— Сегодня в ночь организуйте эвакуацию. Держитесь на Выпасной. Передашь скотину и технику, возвращайся, заходи. Ну, ни пуха…
Прощание было коротким и тяжелым. Мать, держа на руках новорожденного, с глазами, полными слез, напоминала:
— Не забудь положить галифе и китель… В сундуке лежит твоя красноармейская книжка… Документы все взял?… Тома, подай отцу хлеб… Валя, принеси из погреба сало…

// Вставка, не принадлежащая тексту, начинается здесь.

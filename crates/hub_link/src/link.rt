//! A hub that is asked.
ghost use Rattle.std.specs.Prelude.{◌≡◌, ◌≤◌, ℕ, List, [], ◌∷◌, Option, Result, IfErr};
ghost use Rattle.hub_devices.specs.Calls.{Grows};
ghost use Rattle.hub_devices.specs.Faults.{Rises};
ghost use Rattle.hub_devices.specs.declared.link_error.LinkError.{LinkError};
ghost use Rattle.hub_devices.specs.declared.link_error.LinkError.TheVariants as Link;
ghost use Rattle.hub_link.specs.Links.{reply_of};

use hub_devices::link_error::LinkError;
use hub_kit::bytes::Bytes;

/// Asks a hub: one request, one reply. Nothing is supposed of the bytes that come back.
pub trait HubLink {
    /// The requests, each with the reply to it if one was given, where it tells them.
    ghost asked: { Self → Option (List (List ℕ × Option (List ℕ))) };

    /// How often it has failed.
    ghost faults: { Self → ℕ };

    /// What one ask does: the link before it, the request, what was given, and the link after it.
    ghost does: { Self → List ℕ → Result (List ℕ) LinkError → Self → Type 0 };

    fn ask(&mut self, request: &Bytes) -> Result<Bytes, LinkError>
        ensures asked { Grows (asked self.old) ((request.now, reply_of result) ∷ []) (asked self.new) }
        ensures does { does self.old request.now result self.new }
        ensures counted { faults self.old ≤ faults self.new }
        ensures cause { IfErr result (λ e. e ≡ Link.Failed → Rises (faults self.old) (faults self.new)) };
}
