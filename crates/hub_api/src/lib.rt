//! The calls of the hub's REST API: a request becomes an asked call, or the first refusal that applies.
//! The contract of `read_call` carries it: it gives exactly what its definition says. Which path a text is stands below in `hub_paths`,
//! and the bytes of a reply in `reply_texts`; connections read requests by `http_wire` and ask these calls of `hub_core`.
#![tactic(auto)]

mod grants;
mod groups;
mod laws;
mod method;
mod parts;
mod reading;
mod refusal;
mod roles;
mod servers;
mod services;
mod sharing;
mod tokens;
mod users;

pub use laws::{
    a_named_user_is_asked, a_user_is_asked, a_version_is_asked, no_name_is_no_path,
    users_are_needed,
};
pub use reading::{draws, read_call};
pub use refusal::{ApiRefusal, no_draw_reply, refusal_reply, wire_refusal_reply};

Миша молча, ни о чем не спрашивая, как давно решенное делал свое дело — собирал в ученическую сумку немудрящий скарб… Отец, заметив его приготовления, тяжело вздохнул и спросил жену:
— Как с Мишуткой будем?
Миша оторвался от дела, непонимающе поглядел на родителей. Какой может быть вопрос? Разве не отец говорил осенью, что возьмет его с собой? Правда, речь шла о партизанском отряде. Но отец обещает вернуться. Во что бы то ни стало вернуться. Сейчас партия приказывает ему эвакуировать технику и скот. Он выполнит приказ и возвратится.

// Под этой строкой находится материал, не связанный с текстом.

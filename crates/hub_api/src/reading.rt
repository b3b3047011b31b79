//! The call that a request asks.
ghost use Rattle.std.specs.Prelude.{◌≡◌, false};
ghost use Rattle.hub_api.specs.Refusals.{Gives};
ghost use Rattle.hub_api.specs.Calls as spec;
ghost use Rattle.hub_api.specs.Readings as calls;
ghost use Rattle.hub_machine.specs.Draws.{draws};

use crate::grants::{authorize, trade};
use crate::groups::{group, groups, members};
use crate::method::{Method, method_of};
use crate::parts::server_of;
use crate::refusal::ApiRefusal;
use crate::roles::{role, roles};
use crate::servers::{default_server, named_server};
use crate::services::{service, services};
use crate::sharing::{given_codes, given_shares, server_codes, server_shares, shared};
use crate::tokens::{token, tokens};
use crate::users::{activity, user, users};
use http_wire::request::Request;
use hub_machine::call::{Asked, Call};
use hub_paths::{Path, path_of};
use std::alloc::Global;

/// `/`, by its methods.
fn version(method: Method) -> Result<Call, ApiRefusal>
    ensures { result ≡ spec.version method }
{
    match method {
        Method::Get => Ok(Call::GetVersion),
        _ => Err(ApiRefusal::NoMethod),
    }
}

/// `/info`, by its methods.
fn info(method: Method) -> Result<Call, ApiRefusal>
    ensures { result ≡ spec.info method }
{
    match method {
        Method::Get => Ok(Call::GetInfo),
        _ => Err(ApiRefusal::NoMethod),
    }
}

/// `/user`, by its methods.
fn identity(alloc: Global, method: Method, request: &Request) -> Result<Call, ApiRefusal>
    ensures { Gives result (spec.identity method request.now) }
{
    match method {
        Method::Get => get_identity(alloc, request),
        _ => Err(ApiRefusal::NoMethod),
    }
}

#[tactic(auto, unfolding(crate::specs::Readings::get_identity))]
fn get_identity(alloc: Global, request: &Request) -> Result<Call, ApiRefusal>
    ensures { Gives result (calls.get_identity request.now) }
{
    let for_server = server_of(alloc, request)?;
    Ok(Call::GetIdentity { for_server })
}

/// `/proxy`, by its methods. A body is ignored.
fn proxy(method: Method) -> Result<Call, ApiRefusal>
    ensures { result ≡ spec.proxy method }
{
    match method {
        Method::Get => Ok(Call::GetProxy),
        Method::Post => Ok(Call::PostProxy),
        _ => Err(ApiRefusal::NoMethod),
    }
}

/// The call of a path.
fn at_path(alloc: Global, path: Path, method: Method, request: &Request) -> Result<Call, ApiRefusal>
    ensures { Gives result (spec.at_path path method request.now) }
{
    match path {
        Path::Bare | Path::Version => version(method),
        Path::Info => info(method),
        Path::Identity => identity(alloc, method, request),
        Path::Users => users(alloc, method, request),
        Path::User => user(alloc, method, request),
        Path::Activity => activity(alloc, method, request),
        Path::DefaultServer => default_server(alloc, method, request),
        Path::NamedServer => named_server(alloc, method, request),
        Path::Tokens => tokens(alloc, method, request),
        Path::Token => token(alloc, method, request),
        Path::Shared => shared(alloc, method, request),
        Path::GivenShares => given_shares(alloc, method, request),
        Path::DefaultShares | Path::ServerShares => server_shares(alloc, method, request),
        Path::GivenCodes => given_codes(alloc, method, request),
        Path::DefaultCodes | Path::ServerCodes => server_codes(alloc, method, request),
        Path::Groups => groups(alloc, method, request),
        Path::Group => group(alloc, method, request),
        Path::Members => members(alloc, method, request),
        Path::Services => services(alloc, method, request),
        Path::Service => service(alloc, method, request),
        Path::Roles => roles(alloc, method, request),
        Path::Role => role(alloc, method, request),
        Path::Authorize => authorize(alloc, method, request),
        Path::Trade => trade(alloc, method, request),
        Path::Proxy => proxy(method),
    }
}

fn call_of(alloc: Global, path: Option<Path>, request: &Request) -> Result<Call, ApiRefusal>
    ensures { Gives result (spec.call_of path request.now) }
{
    match path {
        Some(path) => at_path(alloc, path, method_of(request.method.as_str()), request),
        None => Err(ApiRefusal::NoPath),
    }
}

/// The call that a request asks, with the token and the revision that it brings, or the first refusal: of its path, its
/// method, the names in its path, its query, its body, its scopes. A call looks at those keys of the query and of the body
/// alone that it has.
#[tactic(auto, unfolding(crate::specs::Calls::call_read))]
pub fn read_call(alloc: Global, request: Request) -> Result<Asked, ApiRefusal>
    ensures { Gives result (spec.call_read request) }
{
    let path = path_of(request.path.as_str());
    match call_of(alloc, path, &request) {
        Ok(call) => Ok(Asked {
            token: request.token,
            seen: request.seen,
            call,
        }),
        Err(refusal) => {
            // in one call, since it has many parts
            drop(request);
            Err(refusal)
        }
    }
}

/// Whether a call draws random bytes before its visit.
pub fn draws(call: &Call) -> bool
    ensures { result ≡ draws call.now }
{
    match call {
        Call::PostServer { .. }
        | Call::PostToken { .. }
        | Call::PostCode { .. }
        | Call::GetAuthorize { .. }
        | Call::PostTrade { .. } => true,
        _ => false,
    }
}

— Так как с Мишуткой будем? — снова задал вопрос отец.
— Прямо не знаю, — сокрушенно прошептала Анна Максимовна. — И отрывать от себя жалко и оставлять боязно…
— Яс тобой, папа, — тоном, не допускающим возражения, заявил Миша. И как самый убедительный аргумент произнес: — Ты же слово давал.
Отец остановился посреди комнаты. Сверху цоглядел на сына, который за лето подрос: его черный вихор дотянулся до плеча Зиновия Афиногеновича. Но не это поразило старого коммуниста, а то, каким тоном говорил с ним тринадцатилетний подросток. В нем не было ничего детского. Так говорят между собой равные, доверяющие друг другу люди.
И он понял, что нельзя подрывать в юном сердце эту веру, эту дружбу. Зиновий Афиногенович разрубил ладонью воздух:
— Собирайся.
Тронулись к полуночи. Уходящих провожали те, кто еще оставался в хуторе. Женщины совали в руки отъезжающим теплые пышки, яйца, куски сала. Слышались прощальные всхлипывания, поцелуи, напутствия, пожелания.
Отец верхом объезжал гурты и, проверив готовность, отправлял их поочередно. Скот с тревожным ревом двигался в степь, на целину. Без фар, на ощупь, двигались комбайны, тракторы…
К Романову подошел Конев.
— Прости, Зиновий, что не могу итить с тобой. Хвороба меня скрутила… Да и тут за порядком след кому-то глядеть.
— Как и уговорились, — напомнил Романов, — блюди колхозное пуще своего. Прощай, Сергей! — Он протянул конюху руку. Потом наклонился, и они поцеловались.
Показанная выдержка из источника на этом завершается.